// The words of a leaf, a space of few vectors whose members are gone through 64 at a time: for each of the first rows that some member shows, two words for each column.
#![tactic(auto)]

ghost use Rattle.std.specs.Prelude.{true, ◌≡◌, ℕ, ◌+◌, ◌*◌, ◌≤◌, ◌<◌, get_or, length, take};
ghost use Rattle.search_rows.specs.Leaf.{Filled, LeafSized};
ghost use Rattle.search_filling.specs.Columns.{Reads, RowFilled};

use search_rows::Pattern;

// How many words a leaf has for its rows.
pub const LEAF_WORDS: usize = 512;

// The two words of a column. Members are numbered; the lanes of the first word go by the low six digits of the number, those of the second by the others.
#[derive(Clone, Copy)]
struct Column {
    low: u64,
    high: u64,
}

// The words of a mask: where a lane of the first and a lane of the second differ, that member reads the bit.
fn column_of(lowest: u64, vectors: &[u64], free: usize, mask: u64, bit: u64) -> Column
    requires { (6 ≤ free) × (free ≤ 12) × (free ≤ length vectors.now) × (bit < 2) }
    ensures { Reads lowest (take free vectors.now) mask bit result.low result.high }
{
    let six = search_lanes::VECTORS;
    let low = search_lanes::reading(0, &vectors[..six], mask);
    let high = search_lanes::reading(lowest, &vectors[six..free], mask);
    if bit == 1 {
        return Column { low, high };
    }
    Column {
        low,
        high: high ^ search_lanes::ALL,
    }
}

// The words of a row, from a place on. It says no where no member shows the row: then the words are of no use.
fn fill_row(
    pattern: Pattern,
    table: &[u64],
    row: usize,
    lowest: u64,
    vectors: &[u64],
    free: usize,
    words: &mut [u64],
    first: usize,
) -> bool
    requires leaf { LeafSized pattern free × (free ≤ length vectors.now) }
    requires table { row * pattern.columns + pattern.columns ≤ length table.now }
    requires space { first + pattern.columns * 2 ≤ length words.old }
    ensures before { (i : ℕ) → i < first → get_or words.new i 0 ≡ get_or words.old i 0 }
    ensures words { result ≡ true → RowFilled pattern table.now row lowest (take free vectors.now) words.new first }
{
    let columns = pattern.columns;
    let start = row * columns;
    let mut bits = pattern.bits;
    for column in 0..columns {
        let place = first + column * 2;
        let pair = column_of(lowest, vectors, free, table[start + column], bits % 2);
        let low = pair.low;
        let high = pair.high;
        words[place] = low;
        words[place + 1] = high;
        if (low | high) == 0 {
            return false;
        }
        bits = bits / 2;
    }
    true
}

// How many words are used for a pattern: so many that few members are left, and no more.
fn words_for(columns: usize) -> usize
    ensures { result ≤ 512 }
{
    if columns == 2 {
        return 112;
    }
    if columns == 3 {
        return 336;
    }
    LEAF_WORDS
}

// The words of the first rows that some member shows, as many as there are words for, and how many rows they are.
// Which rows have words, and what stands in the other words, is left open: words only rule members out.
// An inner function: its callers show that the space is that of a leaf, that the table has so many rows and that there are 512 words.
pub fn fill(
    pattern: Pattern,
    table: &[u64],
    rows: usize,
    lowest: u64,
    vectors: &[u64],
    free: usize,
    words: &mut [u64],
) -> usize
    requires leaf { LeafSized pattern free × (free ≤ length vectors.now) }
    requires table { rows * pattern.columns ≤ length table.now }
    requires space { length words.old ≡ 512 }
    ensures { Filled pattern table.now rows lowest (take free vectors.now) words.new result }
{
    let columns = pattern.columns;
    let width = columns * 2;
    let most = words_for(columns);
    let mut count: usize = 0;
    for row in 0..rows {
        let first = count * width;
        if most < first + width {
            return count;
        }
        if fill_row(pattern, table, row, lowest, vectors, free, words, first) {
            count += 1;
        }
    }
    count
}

### Task item
Work through the records above and count the lines that hold the string "left". Please give only that figure.

### Your response
2